# Remote desktop for SBS 2003



## allanleslie (Feb 24, 2009)

I have been able to setup remote desktop on Windows 2003 by enabling it in the system properties and setting up a port on the router, but when i try this method in SBS 2003 it doesnt work. I then use the method in Server management but it says that the NIC is already in use. Do i need to install another NIC in the server?


----------



## bremner (Jun 5, 2008)

are you trying to access inside or outside of the Lan


----------



## allanleslie (Feb 24, 2009)

Inside - when I run the setup it is suggested to me that I have to install another LAN card.

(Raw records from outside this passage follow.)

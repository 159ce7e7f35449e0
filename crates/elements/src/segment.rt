// A segment that was taken up, with what `fields` noted of it.
ghost use Rattle.std.specs.Prelude.{◌≡◌, ◌≤◌};
ghost use Rattle.syntax.specs.Segment.{pieces_at, at_element, components, repeats, component_at, part_of};
ghost use Rattle.elements.specs.Fields.{Marked};

use syntax::Syntax;

// Where it stands, under which syntax it is read, and the marks of its first five elements.
#[derive(Clone, Copy)]
pub struct Segment<'a> {
    pub octets: &'a [u8],
    pub at: usize,
    pub syntax: Syntax,
    pub marks: &'a [usize],
    pub ghost marked: { Marked syntax.service octets.now at marks.now },
}

impl<'a> Segment<'a> {
    // The octets of component `c` of element `p`, empty if it is not there. The marks lie in the input, so its bounds are not tested again.
    pub fn field(&self, p: usize, c: usize) -> &'a [u8]
        requires le_p { (1 ≤ p) × (p ≤ 5) × (c ≤ 2) }
        ensures { result.now ≡ part_of self.now.octets.now (component_at self.now.syntax.service self.now.octets.now self.now.at p c) }
    {
        let b = 8 * (p - 1);
        if self.marks[b] <= c {
            return &self.octets[0..0];
        }
        let e = b + 2 + 2 * c;
        let x = self.marks[e];
        let z = self.marks[e + 1];
        &self.octets[x..z]
    }

    // How many components element `p` has, in its first repeat.
    pub fn parts(&self, p: usize) -> usize
        requires le_p { (1 ≤ p) × (p ≤ 5) }
        ensures { result ≡ components (at_element p (pieces_at self.now.syntax.service self.now.octets.now self.now.at)) }
    {
        self.marks[8 * (p - 1)]
    }

    // Whether element `p` repeats.
    pub fn repeated(&self, p: usize) -> bool
        requires le_p { (1 ≤ p) × (p ≤ 5) }
        ensures { result ≡ repeats (at_element p (pieces_at self.now.syntax.service self.now.octets.now self.now.at)) }
    {
        self.marks[8 * (p - 1) + 1] == 1
    }
}
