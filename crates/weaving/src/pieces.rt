// The new header group and the new trailer group.
ghost use Rattle.std.specs.Prelude.{◌≡◌, ◌+◌, ◌≤◌, ◌<◌, length};
ghost use Rattle.writing.specs.Laid.{Laid};
ghost use Rattle.weaving.specs.Woven.{header_text, trailer_text, ust_end, usr_open};

use crate::value::put_released;
use syntax::classes::Classes;
use syntax::opening::is_earlier;
use syntax::{Service, Syntax};
use writing::{put, put_number};

// USH+1+REF+1+1+F+2+1'USA+1:::16:1'
pub fn put_header(out: &mut [u8], at: usize, v: Service, reference: &[u8], filter: u64) -> usize
    requires { (at < 1073741824) × (length reference.now ≤ 14) }
    ensures laid { Laid out.old at (header_text v reference.now filter) result out.new }
    ensures upper_bound { result ≤ at + 100 }
{
    let open = [b'U', b'S', b'H', v.element, b'1', v.element];
    let middle = [v.element, b'1', v.element, b'1', v.element];
    let close = [v.element, b'2', v.element, b'1', v.terminator];
    let usa = [
        b'U',
        b'S',
        b'A',
        v.element,
        b'1',
        v.component,
        v.component,
        v.component,
        b'1',
        b'6',
        v.component,
        b'1',
        v.terminator,
    ];
    let p1 = put(&mut *out, at, &open);
    let p2 = put(&mut *out, p1, reference);
    let p3 = put(&mut *out, p2, &middle);
    let p4 = put_number(&mut *out, p3, filter);
    let p5 = put(&mut *out, p4, &close);
    put(&mut *out, p5, &usa)
}

// What ends UST behind REF: +4', and in the earlier edition '
fn put_close(out: &mut [u8], at: usize, y: Syntax) -> usize
    requires { at < 2147483648 }
    ensures laid { Laid out.old at (ust_end y.version y.service) result out.new }
    ensures upper_bound { result ≤ at + 3 }
{
    let v = y.service;
    if is_earlier(y.version) {
        let end = [v.terminator];
        return put(&mut *out, at, &end);
    }
    let close = [v.element, b'4', v.terminator];
    put(&mut *out, at, &close)
}

// What stands in USR before VALUE: USR+1: and in the earlier edition USR+
fn put_usr(out: &mut [u8], at: usize, y: Syntax) -> usize
    requires { at < 2147483648 }
    ensures laid { Laid out.old at (usr_open y.version y.service) result out.new }
    ensures upper_bound { result ≤ at + 6 }
{
    let v = y.service;
    if is_earlier(y.version) {
        let short = [b'U', b'S', b'R', v.element];
        return put(&mut *out, at, &short);
    }
    let usr = [b'U', b'S', b'R', v.element, b'1', v.component];
    put(&mut *out, at, &usr)
}

// UST+REF+4'USR+1:VALUE', and in the earlier edition UST+REF'USR+VALUE'
pub fn put_trailer(
    out: &mut [u8],
    at: usize,
    t: &Classes,
    reference: &[u8],
    letters: &[u8],
) -> usize
    requires at_bound { (at < 1073741824) × (length reference.now ≤ 14) × (length letters.now ≤ 512) }
    ensures laid { Laid out.old at (trailer_text t.now.syntax.version t.now.syntax.service reference.now letters.now) result out.new }
    ensures upper_bound { result ≤ at + 1100 }
{
    let v = t.syntax.service;
    let open = [b'U', b'S', b'T', v.element];
    let end = [v.terminator];
    let p1 = put(&mut *out, at, &open);
    let p2 = put(&mut *out, p1, reference);
    let p3 = put_close(&mut *out, p2, t.syntax);
    let p4 = put_usr(&mut *out, p3, t.syntax);
    let p5 = put_released(&mut *out, p4, t, letters);
    put(&mut *out, p5, &end)
}
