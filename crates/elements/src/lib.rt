// What one segment says: its kind, its fields, its checked elements (8), the amount of a load.
#![tactic(auto)]

pub mod amounts;
pub mod fields;
pub mod formed;
pub mod segment;
pub mod subset;

ghost use Rattle.std.specs.Prelude.{◌≡◌, [], ◌∷◌};
ghost use Rattle.elements.specs.Kinds.{tag_kind};

// What a segment is, by its tag.
#[derive(Clone, Copy)]
pub enum Kind {
    Unb,
    Unh,
    Unt,
    Unz,
    Ush,
    Usa,
    Usc,
    Usr,
    Ust,
    Usb,
    Usx,
    Usy,
    Reserved,
    Qty,
    Cnt,
    Other,
}

fn service_kind(b: u8, c: u8) -> Kind
    ensures { result ≡ tag_kind (85 ∷ b ∷ c ∷ []) }
{
    if b == 78 {
        return interchange_kind(c);
    }
    if b == 83 {
        return security_kind(c);
    }
    Kind::Other
}

fn interchange_kind(c: u8) -> Kind
    ensures { result ≡ tag_kind (85 ∷ 78 ∷ c ∷ []) }
{
    if c == 72 {
        return Kind::Unh;
    }
    if c == 84 {
        return Kind::Unt;
    }
    if c == 66 {
        return Kind::Unb;
    }
    if c == 90 {
        return Kind::Unz;
    }
    if c == 65 {
        return Kind::Reserved;
    }
    if c == 71 {
        return Kind::Reserved;
    }
    if c == 69 {
        return Kind::Reserved;
    }
    if c == 79 {
        return Kind::Reserved;
    }
    if c == 80 {
        return Kind::Reserved;
    }
    Kind::Other
}

fn security_kind(c: u8) -> Kind
    ensures { result ≡ tag_kind (85 ∷ 83 ∷ c ∷ []) }
{
    if c == 72 {
        return Kind::Ush;
    }
    if c == 65 {
        return Kind::Usa;
    }
    if c == 67 {
        return Kind::Usc;
    }
    if c == 82 {
        return Kind::Usr;
    }
    if c == 84 {
        return Kind::Ust;
    }
    if c == 66 {
        return Kind::Usb;
    }
    if c == 88 {
        return Kind::Usx;
    }
    if c == 89 {
        return Kind::Usy;
    }
    if c == 68 {
        return Kind::Reserved;
    }
    if c == 85 {
        return Kind::Reserved;
    }
    Kind::Other
}

// The kind of a segment, from its tag: the one place where tags are told apart.
pub fn kind_of(a: u8, b: u8, c: u8) -> Kind
    ensures { result ≡ tag_kind (a ∷ b ∷ c ∷ []) }
{
    if a == 85 {
        return service_kind(b, c);
    }
    if a == 81 {
        if b == 84 {
            if c == 89 {
                return Kind::Qty;
            }
        }
        return Kind::Other;
    }
    if a == 67 {
        if b == 78 {
            if c == 84 {
                return Kind::Cnt;
            }
        }
    }
    Kind::Other
}
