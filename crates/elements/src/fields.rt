// One pass over the pieces of a segment that notes what the checks ask of it, so that each of them costs a look.
ghost use Rattle.std.specs.Prelude.{◌≡◌, ◌||◌, ◌+◌, ◌≤◌, ◌<◌, length, Some};
ghost use Rattle.syntax.specs.Segment.{pieces_at, at_element, components, repeats, component_at, part_of};
ghost use Rattle.syntax.specs.Clean.{TagAt};
ghost use Rattle.elements.specs.Fields.{PassedAs, repeating_as, closed_marks, ClosedAs, placed, TakenAs, TakenOneAs, Cleared, Marked, FieldsAs, start_in, end_in};

use syntax::Syntax;
use syntax::classes::Classes;
use syntax::reading::clean_end;

// How many elements a segment has, and whether anything in it repeats.
#[derive(Clone, Copy)]
pub struct Shape {
    pub size: usize,
    pub repeats: bool,
}

// From a piece at `from` to behind its element: where the next one starts, whether the segment ends there instead, and whether the element repeats. None,
// here and below: the segment has no end, or an octet outside the repertoire.
fn skip(s: &[u8], from: usize, t: &Classes) -> Option<(usize, bool, bool)>
    ensures { PassedAs t.now.syntax s.now from result }
{
    let mut j = from;
    let mut b = false;
    while let Some((q, k)) = clean_end(s, j, t) {
        if k == 4 {
            return Some((q + 1, false, b));
        }
        if k == 5 {
            return Some((q + 1, true, b));
        }
        if k == 3 {
            b = true;
            j = q + 1;
            continue;
        }
        j = q + 1;
    }
    None
}

// Component `n` goes from `x` to `z`: noted for the first three.
fn place(marks: &mut [usize], b: usize, n: usize, x: usize, z: usize)
    requires { (length marks.old ≡ 40) × (b + 8 ≤ 40) }
    ensures { marks.new ≡ placed marks.old b n x z }
{
    if n < 3 {
        let e = b + 2 + 2 * n;
        marks[e] = x;
        marks[e + 1] = z;
    }
}

fn repeating(p: Option<(usize, bool, bool)>) -> Option<(usize, bool, bool)>
    ensures { result ≡ repeating_as p }
{
    let (at, ends, _) = p?;
    Some((at, ends, true))
}

// The element's first repeat, of `n` components, ends at `q`, before a separator of kind `k`: goes behind the element.
fn closed(
    s: &[u8],
    q: usize,
    k: u8,
    t: &Classes,
    marks: &mut [usize],
    b: usize,
    n: usize,
) -> Option<(usize, bool, bool)>
    requires marks_len { (length marks.old ≡ 40) × (b + 8 ≤ 40) × (q < length s.now) }
    ensures closed_as { ClosedAs t.now.syntax s.now q k result }
    ensures marks_after { marks.new ≡ closed_marks marks.old b n k }
{
    marks[b] = n;
    if k == 3 {
        marks[b + 1] = 1;
        return repeating(skip(s, q + 1, t));
    }
    marks[b + 1] = 0;
    Some((q + 1, k == 5, false))
}

// Notes the element at `from` in the eight marks from `b` on, and goes behind it.
fn note(
    s: &[u8],
    from: usize,
    t: &Classes,
    marks: &mut [usize],
    b: usize,
) -> Option<(usize, bool, bool)>
    requires marks_len { (length marks.old ≡ 40) × (b + 8 ≤ 40) }
    ensures { TakenAs t.now.syntax s.now from result marks.old marks.new b }
{
    let mut j = from;
    let mut n: usize = 0;
    while let Some((q, k)) = clean_end(s, j, t) {
        place(marks, b, n, j, q);
        n += 1;
        if k == 2 {
            j = q + 1;
            continue;
        }
        return closed(s, q, k, t, marks, b, n);
    }
    None
}

// The element with `n` before it: noted if it is one of the first five.
fn take_one(
    s: &[u8],
    from: usize,
    t: &Classes,
    marks: &mut [usize],
    n: usize,
) -> Option<(usize, bool, bool)>
    requires marks_len { length marks.old ≡ 40 }
    ensures { TakenOneAs t.now.syntax s.now from result marks.old marks.new n }
{
    if n < 5 {
        return note(s, from, t, marks, 8 * n);
    }
    skip(s, from, t)
}

// No element is noted yet.
fn clear(marks: &mut [usize])
    requires { length marks.old ≡ 40 }
    ensures { Cleared marks.new 0 5 }
{
    for p in 0..5 {
        marks[8 * p] = 0;
        marks[8 * p + 1] = 0;
    }
}

// The elements of the segment at `at`, from behind its tag on.
fn elements_from(
    s: &[u8],
    at: usize,
    from: usize,
    over: bool,
    repeats: bool,
    t: &Classes,
    marks: &mut [usize],
) -> Option<(usize, Shape)>
    requires passed_as { PassedAs t.now.syntax s.now at (Some (from, over, repeats)) × Cleared marks.old 0 5 }
    ensures { FieldsAs t.now.syntax s.now at result marks.new }
{
    let mut i = from;
    let mut ends = over;
    let mut b = repeats;
    let mut n: usize = 0;
    while !ends {
        let (next, last, repeats) = take_one(s, i, t, marks, n)?;
        n += 1;
        i = next;
        ends = last;
        b |= repeats;
    }
    Some((
        i - 1,
        Shape {
            size: n,
            repeats: b,
        },
    ))
}

// The same from `from`, behind the three octets of a tag: nearly always the tag ends there.
fn pass_tag(s: &[u8], from: usize, t: &Classes) -> Option<(usize, bool, bool)>
    requires from_in_bounds { from < length s.now }
    ensures { PassedAs t.now.syntax s.now from result }
{
    if t.class(s[from]) == 4 {
        return Some((from + 1, false, false));
    }
    skip(s, from, t)
}

// One pass over the segment with a tag at `at`: it is cut, and of each element p from 1 to 5 it is noted, in the eight marks from 8 * (p - 1) on: how many
// components its first repeat has (0: it is not there), 1 if it repeats, and start and end of its first three components, as far as they are there.
pub fn fields(s: &[u8], at: usize, t: &Classes, marks: &mut [usize]) -> Option<(usize, Shape)>
    requires tag_at { TagAt t.now.syntax s.now at × (length marks.old ≡ 40) }
    ensures { FieldsAs t.now.syntax s.now at result marks.new }
{
    // Before the elements: the number of stores is known here, so no branch is guessed wrong as behind the last one.
    clear(marks);
    let (from, ends, repeats) = pass_tag(s, at + 3, t)?;
    elements_from(s, at, from, ends, repeats, t, marks)
}

// Where component `c` of element `p` starts and ends, as `fields` noted it; 0 and 0 if it is not there.
pub fn field_start(marks: &[usize], p: usize, c: usize) -> usize
    requires { (length marks.now ≡ 40) × (1 ≤ p) × (p ≤ 5) × (c ≤ 2) }
    ensures { result ≡ start_in marks.now p c }
{
    let b = 8 * (p - 1);
    if marks[b] <= c {
        return 0;
    }
    marks[b + 2 + 2 * c]
}

pub fn field_end(marks: &[usize], p: usize, c: usize) -> usize
    requires { (length marks.now ≡ 40) × (1 ≤ p) × (p ≤ 5) × (c ≤ 2) }
    ensures { result ≡ end_in marks.now p c }
{
    let b = 8 * (p - 1);
    if marks[b] <= c {
        return 0;
    }
    marks[b + 2 + 2 * c + 1]
}
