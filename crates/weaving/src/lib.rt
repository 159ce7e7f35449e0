// What sealing puts into a message: whether it may, the text of VALUE, the new groups.
#![tactic(auto)]

pub mod allowed;
pub mod pieces;
pub mod value;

Is this the case


----------



## allanleslie (Feb 24, 2009)

Sorry, I meant outside the LAN


----------



## bremner (Jun 5, 2008)

are you using the small business connector, I use it all the time and then open a rdc and it works everytime and i use only one nic, or are you trying to connect through your own vpn


----------



## allanleslie (Feb 24, 2009)

I am trying to VPN using port 3389, much like i have when I have set up Remote Desktop in XP or Windows 2003


----------



## bremner (Jun 5, 2008)

is 1723 open and what sort of router are you using


----------



## allanleslie (Feb 24, 2009)

The router is a Netgear NG834. I have used one of these for remote desktop before and it worked fine. 3389 is the only port I have attempted to use so I haven't created a port for 1723


----------



## bremner (Jun 5, 2008)

http://www.jacksontechnical.com/article.htm?id=17 is a list of ports for different uses 1723 needs to be forward for direct access as 3389 is for remote desktop only not vpn. Are you trying to join another pc permanently or just using it for maintanence, if its for the later rww and the built in connector is much easier


----------